◆ **GOAL OF THE EXERCISE**:
Nothing outside the range is wanted. Repeat exactly the lines below from the one with "match catalog_of(alloc, TEXT.as_bytes(), 1)" through the one with "a line says.".

◆ **GIVEN DATA**:

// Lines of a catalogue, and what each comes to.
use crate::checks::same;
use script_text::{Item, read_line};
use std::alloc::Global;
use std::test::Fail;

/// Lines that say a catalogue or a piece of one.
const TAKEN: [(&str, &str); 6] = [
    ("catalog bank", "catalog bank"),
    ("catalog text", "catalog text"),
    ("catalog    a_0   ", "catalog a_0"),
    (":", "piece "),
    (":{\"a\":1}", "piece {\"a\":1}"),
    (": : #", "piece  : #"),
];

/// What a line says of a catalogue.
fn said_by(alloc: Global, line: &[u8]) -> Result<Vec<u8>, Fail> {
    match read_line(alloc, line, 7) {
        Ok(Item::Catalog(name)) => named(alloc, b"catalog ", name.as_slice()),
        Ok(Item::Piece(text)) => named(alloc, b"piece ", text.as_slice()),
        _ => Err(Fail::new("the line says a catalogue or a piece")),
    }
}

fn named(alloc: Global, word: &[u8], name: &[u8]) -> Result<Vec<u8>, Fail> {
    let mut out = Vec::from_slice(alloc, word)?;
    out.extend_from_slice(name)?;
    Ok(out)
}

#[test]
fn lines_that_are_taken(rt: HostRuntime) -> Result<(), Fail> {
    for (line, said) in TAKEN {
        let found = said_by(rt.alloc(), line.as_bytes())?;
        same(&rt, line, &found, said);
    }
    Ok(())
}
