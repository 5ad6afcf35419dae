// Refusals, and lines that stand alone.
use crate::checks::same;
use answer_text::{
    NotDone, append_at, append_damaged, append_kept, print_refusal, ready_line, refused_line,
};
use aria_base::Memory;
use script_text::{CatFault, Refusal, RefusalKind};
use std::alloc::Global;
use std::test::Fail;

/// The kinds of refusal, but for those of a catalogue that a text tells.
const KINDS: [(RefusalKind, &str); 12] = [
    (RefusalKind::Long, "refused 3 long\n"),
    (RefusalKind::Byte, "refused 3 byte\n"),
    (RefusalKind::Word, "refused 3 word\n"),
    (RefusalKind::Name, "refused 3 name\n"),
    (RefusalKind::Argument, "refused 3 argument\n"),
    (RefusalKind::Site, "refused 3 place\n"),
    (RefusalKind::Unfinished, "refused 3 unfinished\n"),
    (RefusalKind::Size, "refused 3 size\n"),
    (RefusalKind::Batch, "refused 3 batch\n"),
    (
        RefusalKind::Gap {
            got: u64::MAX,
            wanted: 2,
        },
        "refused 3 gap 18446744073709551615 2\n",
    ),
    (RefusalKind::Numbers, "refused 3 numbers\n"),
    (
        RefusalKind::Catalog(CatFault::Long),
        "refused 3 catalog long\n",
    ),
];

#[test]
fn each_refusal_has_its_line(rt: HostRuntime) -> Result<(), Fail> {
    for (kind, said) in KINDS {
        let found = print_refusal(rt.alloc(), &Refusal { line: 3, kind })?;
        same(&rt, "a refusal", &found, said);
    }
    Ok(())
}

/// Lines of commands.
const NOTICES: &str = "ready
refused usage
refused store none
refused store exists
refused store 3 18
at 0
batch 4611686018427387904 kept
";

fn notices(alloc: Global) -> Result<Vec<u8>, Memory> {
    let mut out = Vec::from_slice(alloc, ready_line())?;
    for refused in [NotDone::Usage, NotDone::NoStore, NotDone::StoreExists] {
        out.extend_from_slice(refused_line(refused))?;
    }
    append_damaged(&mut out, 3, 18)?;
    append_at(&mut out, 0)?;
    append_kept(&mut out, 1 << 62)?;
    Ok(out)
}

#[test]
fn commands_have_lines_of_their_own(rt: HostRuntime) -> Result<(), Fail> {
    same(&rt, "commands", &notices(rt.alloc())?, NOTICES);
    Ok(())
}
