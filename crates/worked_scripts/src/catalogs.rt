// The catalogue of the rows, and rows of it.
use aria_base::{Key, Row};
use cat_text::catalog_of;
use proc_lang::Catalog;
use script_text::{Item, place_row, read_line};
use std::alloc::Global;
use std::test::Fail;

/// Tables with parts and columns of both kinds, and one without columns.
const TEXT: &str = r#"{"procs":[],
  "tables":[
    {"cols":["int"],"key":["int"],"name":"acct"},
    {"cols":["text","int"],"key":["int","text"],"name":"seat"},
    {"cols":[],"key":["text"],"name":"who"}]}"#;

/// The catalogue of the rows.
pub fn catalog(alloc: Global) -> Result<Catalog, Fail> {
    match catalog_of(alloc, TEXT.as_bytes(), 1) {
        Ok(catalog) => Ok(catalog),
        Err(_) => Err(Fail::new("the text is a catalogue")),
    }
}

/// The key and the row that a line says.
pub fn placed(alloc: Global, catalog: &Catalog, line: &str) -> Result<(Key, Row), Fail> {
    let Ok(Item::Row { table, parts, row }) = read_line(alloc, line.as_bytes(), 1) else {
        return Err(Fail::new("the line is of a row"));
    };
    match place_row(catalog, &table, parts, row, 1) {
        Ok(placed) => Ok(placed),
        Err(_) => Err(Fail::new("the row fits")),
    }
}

◆ **EXPECTED ANSWER**:
    match catalog_of(alloc, TEXT.as_bytes(), 1) {
        Ok(catalog) => Ok(catalog),
        Err(_) => Err(Fail::new("the text is a catalogue")),
    }
}

/// The key and the row that a line says.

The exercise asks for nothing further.